For what values of k the expression kx²+(k+1)x+2 will be a perfect square of a linear polynomial.

To determine the values of k for which the expression kx² + (k + 1)x + 2 is a perfect square of a linear polynomial, we can follow these steps:

Step 1: Express the quadratic equation as a perfect square of a linear polynomial.
A perfect square of a linear polynomial takes the form (ax + b)² = a²x² + 2abx + b².

For our given expression, kx² + (k + 1)x + 2, we need to rewrite it in the form of (ax + b)².

Comparing the quadratic expression to the perfect square form, we have:
kx² + (k + 1)x + 2 = a²x² + 2abx + b²

Step 2: Equate the corresponding coefficients.
To find the values of a and b, we need to equate the corresponding coefficients of the two expressions.

a²x² = kx² ----> (1)
2abx = (k + 1)x ----> (2)
b² = 2 ----> (3)

Step 3: Solve the equations.
Now, let's solve the equations from Step 2.

Equation (1): a²x² = kx²
Since both sides of the equation are multiples of x², we can ignore x² for now and focus on the values of a and k.
a² = k ----> (4)

Equation (2): 2abx = (k + 1)x
Here, x is a common factor on both sides, so we can divide by x to simplify the equation.
2ab = k + 1 ----> (5)

Equation (3): b² = 2
Here, we need to solve for b.
Taking the square root of both sides, we get:
b = ±√2 (Note: We consider both positive and negative square roots) ----> (6)

Step 4: Find the values of k.
Now we have equations (4), (5), and (6) with three variables (a, b, k).
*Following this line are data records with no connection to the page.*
// Why bytes are no state.
ghost use Rattle.std.specs.Prelude.{◌≡◌};
ghost use Rattle.cpl_restart.specs.declared.start_error.StartError.TheVariants.{Memory};

use std::alloc::AllocError;
use thiserror::Error;

/// Why bytes spell no state. Sections are numbered from 1, and the numbers of a section from 0.
#[derive(Clone, Copy, Debug, PartialEq, Eq, Error)]
pub enum StartError {
    /// The mark, a count or a section's numbers aren't all there.
    #[error("Short")]
    Short,
    /// The first eight bytes are another mark.
    #[error("Magic")]
    Magic,
    /// The count of this section isn't the grid's.
    #[error("Shape {0}")]
    Shape(u32),
    /// The sum of this section isn't that of its count and its numbers: the sum in the file, and the one found.
    #[error("Sum {0} {1} {2}")]
    Sum(u32, u64, u64),
    /// Bytes follow the last section.
    #[error("Trailing")]
    Trailing,
    /// The first negative number: its section and its index there.
    #[error("Negative {0} {1}")]
    Negative(u32, u32),
    /// The least cell with water whose parts don't sum to 65536.
    #[error("Parts {0}")]
    Parts(u32),
    /// The first number that isn't 0 of a cell of the land or the ocean without an area: its section and its index there.
    #[error("Dry {0} {1}")]
    Dry(u32, u32),
    /// The index of the first number of a face that is out of range, or isn't 0 where one of its cells has no area.
    #[error("Wall {0}")]
    Wall(u32),
    /// There was no memory.
    #[error("Memory")]
    Memory,
}

impl From<AllocError> for StartError {
    ghost from_gives = { λ _ e. e ≡ Memory };

    fn from(_error: AllocError) -> StartError {
        StartError::Memory
    }
}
We need to find the values of k that satisfy all these equations.

Substituting equation (6) into equation (5), we get:
2a(±√2) = k + 1
±2a√2 = k + 1
This equation tells us that k + 1 must be divisible by ±2√2.

Similarly, substituting equation (4) into equation (5), we get:
2a√k = k + 1
Here, k + 1 must be divisible by 2√k.

By combining the conditions, we find that k + 1 must be divisible by 2√k and ±2√2.

To simplify this, we can remove the square roots by squaring both sides of the equations.

From k + 1 being divisible by 2√k, we have:
(k + 1)² divisible by (2√k)²
(k + 1)² divisible by 4k

From k + 1 being divisible by ±2√2, we have:
(k + 1)² divisible by (±2√2)²
(k + 1)² divisible by 8

Now, the divisible conditions are:
(k + 1)² divisible by 4k and 8

To find the values of k that satisfy both conditions, we can try different values or use a numerical method.

After evaluation, we find that k = -7 and k = 0 are the solutions that satisfy both conditions.

So, for k = -7 and k = 0, the expression kx² + (k + 1)x + 2 is a perfect square of a linear polynomial.